# Decathlon ?



## larsebub (14. Dezember 2004)

Kent jemand diesen laden und wen ja was haltet ihr von denen die haben  auch radsport artikel und das schaut alles garnicht so übel aus !?
mfg larsebub


----------



## Wiseman (14. Dezember 2004)

Decathlon gibt es einmal in Lisdorf(SLS) bei IKEA und einmal in Forbach(Fr).

Man kann dort diverses Zubehör erstehen, allerdings keine Edelteile. Überwiegend die unteren Gruppen und die Hausmarken.
Ich bin ab und an dort, um mich mit Klamotten einzudecken. Da kann man noch mit den Hausmarken das ein oder andere Schnäppchen machen, allerdings ist die Qualität auch nicht so berauschend, wenn man mal was richtig gutes angehabt hat.
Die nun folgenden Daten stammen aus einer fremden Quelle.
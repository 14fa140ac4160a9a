//! The lines of a trace that a recurrence draws from a number: mallocs, frees and purges of four clients.
//!
//! Each draw moves the recurrence on. A line draws a client and one of 256 slots: where the slot has an owner, that client
//! frees the slot's region, and else the client that was drawn allocates for the slot, of a size that two more draws tell.
//! Every 64th line purges arena 0, and draws nothing.
#![tactic(auto)]

mod draws;
mod source;

pub use source::Lines;
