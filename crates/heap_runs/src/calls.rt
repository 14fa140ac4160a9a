//! The calls of a client, each by one loop over the table of calls.
ghost use Rattle.call_plan.specs.Laws.{IsInRange};
ghost use Rattle.heap_runs.specs.Heaps.{CallDid, MayCall, shelf_id};

use crate::heaps::{Ctx, SharedHeap};
use call_plan::{Answered, Call, Request};
use hook_api::{ExtentHooks, SharedShelf};
use std::alloc::{AllocError as NoMemory, Global};
use std::sync::Wait;

impl SharedHeap {
    /// Carries a request of a client out, by turns of the arenas and asks of the shelf's boxes, whatever other clients do meanwhile.
    ///
    /// The answer is that of the table of calls. `NoMemory` comes also where there was none to begin with: the client has then what
    /// it had. A free never publishes by itself: the holder of a region does that by a request of its own.
    pub fn call<R: Wait, H: ExtentHooks>(
        &self,
        rt: &R,
        alloc: Global,
        shelf: &SharedShelf<H>,
        ctx: &mut Ctx,
        request: &Request,
    ) -> Answered
        requires may { MayCall (shelf_id shelf.now) self.now ctx.old }
        requires range { IsInRange request.now }
        ensures may { MayCall (shelf_id shelf.now) self.now ctx.new }
        ensures called { CallDid shelf.now self.now ctx.old ctx.new request.now result }
    {
        let mut place = None;
        match Call::start(alloc, &mut place, ctx.client, &mut ctx.desk, request) {
            Err(NoMemory) => return Answered::NoMemory,
            Ok(Some(answer)) => return answer,
            Ok(None) => (),
        }
        let Some(call) = place else { unreachable!() };
        self.run(rt, alloc, shelf, ctx, call)
    }

    /// `malloc`: a region of at least `size` bytes, where 0 counts as 1, from the arena from which the client allocates.
    pub fn malloc<R: Wait, H: ExtentHooks>(
        &self,
        rt: &R,
        alloc: Global,
        shelf: &SharedShelf<H>,
        ctx: &mut Ctx,
        size: u64,
    ) -> Answered
        requires may { MayCall (shelf_id shelf.now) self.now ctx.old }
        ensures may { MayCall (shelf_id shelf.now) self.now ctx.new }
        ensures called { CallDid shelf.now self.now ctx.old ctx.new (Request.Malloc size) result }
    {
        self.call(rt, alloc, shelf, ctx, &Request::Malloc { size })
    }

    /// `aligned_alloc`: a region of at least `size` bytes, where 0 counts as 1, at a multiple of `align` bytes.
    pub fn memalign<R: Wait, H: ExtentHooks>(
        &self,
        rt: &R,
        alloc: Global,
        shelf: &SharedShelf<H>,
        ctx: &mut Ctx,
        align: u64,
        size: u64,
    ) -> Answered
        requires may { MayCall (shelf_id shelf.now) self.now ctx.old }
        ensures may { MayCall (shelf_id shelf.now) self.now ctx.new }
        ensures called { CallDid shelf.now self.now ctx.old ctx.new (Request.Memalign align size) result }
    {
        self.call(rt, alloc, shelf, ctx, &Request::Memalign { align, size })
    }

    /// `free`: the client gives the region back that it holds at the address. One that another client holds is `NotHeld`: its holder
    /// may publish it.
    pub fn free<R: Wait, H: ExtentHooks>(
        &self,
        rt: &R,
        alloc: Global,
        shelf: &SharedShelf<H>,
        ctx: &mut Ctx,
        addr: u64,
    ) -> Answered
        requires may { MayCall (shelf_id shelf.now) self.now ctx.old }
        ensures may { MayCall (shelf_id shelf.now) self.now ctx.new }
        ensures called { CallDid shelf.now self.now ctx.old ctx.new (Request.Free addr) result }
    {
        self.call(rt, alloc, shelf, ctx, &Request::Free { addr })
    }

    /// The client holds the region at the address no more, and another one may take it over.
    pub fn publish<R: Wait, H: ExtentHooks>(
        &self,
        rt: &R,
        alloc: Global,
        shelf: &SharedShelf<H>,
        ctx: &mut Ctx,
        addr: u64,
    ) -> Answered
        requires may { MayCall (shelf_id shelf.now) self.now ctx.old }
        ensures may { MayCall (shelf_id shelf.now) self.now ctx.new }
        ensures called { CallDid shelf.now self.now ctx.old ctx.new (Request.Publish addr) result }
    {
        self.call(rt, alloc, shelf, ctx, &Request::Publish { addr })
    }

    /// The client holds the region from now on that another one published at the address, in the arena with this index.
    pub fn take_over<R: Wait, H: ExtentHooks>(
        &self,
        rt: &R,
        alloc: Global,
        shelf: &SharedShelf<H>,
        ctx: &mut Ctx,
        addr: u64,
        arena: u32,
    ) -> Answered
        requires may { MayCall (shelf_id shelf.now) self.now ctx.old }
        ensures may { MayCall (shelf_id shelf.now) self.now ctx.new }
        ensures called { CallDid shelf.now self.now ctx.old ctx.new (Request.Take addr arena) result }
    {
        self.call(rt, alloc, shelf, ctx, &Request::Take { addr, arena })
    }

    /// `thread.tcache.flush`: all regions go back that the client has cached.
    pub fn flush<R: Wait, H: ExtentHooks>(
        &self,
        rt: &R,
        alloc: Global,
        shelf: &SharedShelf<H>,
        ctx: &mut Ctx,
    ) -> Answered
        requires may { MayCall (shelf_id shelf.now) self.now ctx.old }
        ensures may { MayCall (shelf_id shelf.now) self.now ctx.new }
        ensures called { CallDid shelf.now self.now ctx.old ctx.new Request.Flush result }
    {
        self.call(rt, alloc, shelf, ctx, &Request::Flush)
    }

    /// `thread.tcache.enabled`: the client's cache is on or off from now on. It is flushed before it is off.
    pub fn set_cache<R: Wait, H: ExtentHooks>(
        &self,
        rt: &R,
        alloc: Global,
        shelf: &SharedShelf<H>,
        ctx: &mut Ctx,
        on: bool,
    ) -> Answered
        requires may { MayCall (shelf_id shelf.now) self.now ctx.old }
        ensures may { MayCall (shelf_id shelf.now) self.now ctx.new }
        ensures called { CallDid shelf.now self.now ctx.old ctx.new (Request.Cache on) result }
    {
        self.call(rt, alloc, shelf, ctx, &Request::Cache(on))
    }

    /// `arena.<i>.purge`: all unused dirty and muzzy extents of the arena are purged.
    pub fn purge<R: Wait, H: ExtentHooks>(
        &self,
        rt: &R,
        alloc: Global,
        shelf: &SharedShelf<H>,
        ctx: &mut Ctx,
        arena: u32,
    ) -> Answered
        requires may { MayCall (shelf_id shelf.now) self.now ctx.old }
        ensures may { MayCall (shelf_id shelf.now) self.now ctx.new }
        ensures called { CallDid shelf.now self.now ctx.old ctx.new (Request.Purge arena) result }
    {
        self.call(rt, alloc, shelf, ctx, &Request::Purge { arena })
    }

    /// `arena.<i>.decay`: the arena comes to a moment in nanoseconds, and what is too old is purged.
    pub fn decay<R: Wait, H: ExtentHooks>(
        &self,
        rt: &R,
        alloc: Global,
        shelf: &SharedShelf<H>,
        ctx: &mut Ctx,
        arena: u32,
        now: u64,
    ) -> Answered
        requires may { MayCall (shelf_id shelf.now) self.now ctx.old }
        ensures may { MayCall (shelf_id shelf.now) self.now ctx.new }
        ensures called { CallDid shelf.now self.now ctx.old ctx.new (Request.Decay arena now) result }
    {
        self.call(rt, alloc, shelf, ctx, &Request::Decay { arena, now })
    }
}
Allerdings hat es den Vorteil das man auch aus anderen Sportarten eine riesige Auswahl hat. Ein Besuch lohnt sich allemal.

Fazit: Reicht für die erste Grundausstattung um seinen Kleiderbestand zu füllen.

Grüße,
Wiseman


----------



## MTB-News.de




----------



## strandi (14. Dezember 2004)

Hi!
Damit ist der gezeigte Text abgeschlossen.